# Wind Howling through the trees...?



## Martian (Aug 1, 2010)

I saw a CD on a Halloween decor / supply site that was called something like "Wind Howling Through The Tree's" or some such thing...and that's exactly what it was; spooky wind howling through the trees.

Does anyone have this CD or know where to find it?


----------



## Atiehwata (Aug 26, 2010)

I have a good one you can use. It is called "09 Winds Howling" off of *The Ride of The Headless Horseman - Sounds of Sleepy Hollow (1986)*. Email me.


----------



## Decorinator (Sep 16, 2009)

I don't think this is quite the same thing, but I bought a CD last year from Serenity Supply called "Nature's Sounds - Wild Wolves" that added a really nice atmosphere to part of my haunt. The wolf calls were authentic, and they went on forever!

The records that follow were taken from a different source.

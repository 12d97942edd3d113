//! The lines. A fault of what they are written to is ignored.
ghost use Rattle.std.specs.Prelude.{◌≡◌};
ghost use Rattle.cose_sift.specs.Sifting.{status_of};

use crate::items::Halt;
use crate::sifting::Counts;
use crate::taking::Stop;
use ciborium_ll::Write;
use std::fmt;
use std::fmt::Write as Formatted;

/// Text to a writer of bytes.
#[derive(Drop)]
struct Text<'a, W> {
    out: &'a mut W,
}

impl<'a, W: Write> fmt::Write for Text<'a, W> {
    fn write_str(&mut self, text: &str) -> fmt::Result {
        match self.out.write_all(text.as_bytes()) {
            Ok(()) => Ok(()),
            Err(_) => Err(fmt::Error),
        }
    }
}

/// The line of an item that is left out, which begins at this offset.
pub fn write_left_out<W: Write>(at: usize, is_long: bool, out: &mut W) {
    let mut text = Text { out };
    let _ = if is_long {
        writeln!(text, "item at {at}: left out: longer than --max")
    } else {
        writeln!(text, "item at {at}: left out: it can't be read")
    };
}

/// The last line, if the input ended after an item.
fn write_counts<W: Write>(counts: Counts, out: &mut W) {
    let Counts { sifted, dropped } = counts;
    let mut text = Text { out };
    let _ = writeln!(text, "sifted {sifted}, dropped {dropped}");
}

/// The last line, if the run stopped.
fn write_stopped<W: Write>(halt: Halt, out: &mut W) {
    let mut text = Text { out };
    let _ = match halt {
        Halt::Decode(Stop::Syntax(at)) => writeln!(text, "stopped: decode: Syntax({at})"),
        Halt::Decode(Stop::End | Stop::Cut) => writeln!(text, "stopped: decode: Io(EndOfFile)"),
        Halt::Decode(Stop::Deep) => writeln!(text, "stopped: decode: Deep"),
        Halt::Decode(Stop::TooLong) => writeln!(text, "stopped: decode: TooLong"),
        Halt::Decode(Stop::Input) => writeln!(text, "stopped: decode: Io"),
        Halt::Decode(Stop::Memory) => writeln!(text, "stopped: memory"),
        Halt::Write => writeln!(text, "stopped: write"),
    };
}

/// Writes the last line, and returns the status: 0, 1 if items were left out, and 4 if the run
/// stopped.
pub fn write_end<W: Write>(end: Result<Counts, Halt>, out: &mut W) -> u8
    ensures { result ≡ status_of «end» }
{
    let status = match end {
        Ok(counts) => {
            write_counts(counts, out);
            if counts.dropped > 0 { 1 } else { 0 }
        }
        Err(halt) => {
            write_stopped(halt, out);
            4
        }
    };
    let _ = out.flush();
    status
}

They have another one called "Storm" with three tracks, the third listing is Stormy Winds, the first two are Dynamic Thunder and Thunderstorms. Might work for you.......
//http://www.serenitysupply.com/catalog/Sounds-of-the-Earth-Storm-CD-102.html


----------



## Martian (Aug 1, 2010)

http://www.spirithalloween.com/product/tum-halloween-treee-sounds/

Finally found the one I had originally seen. Thought I'd share it with all!


----------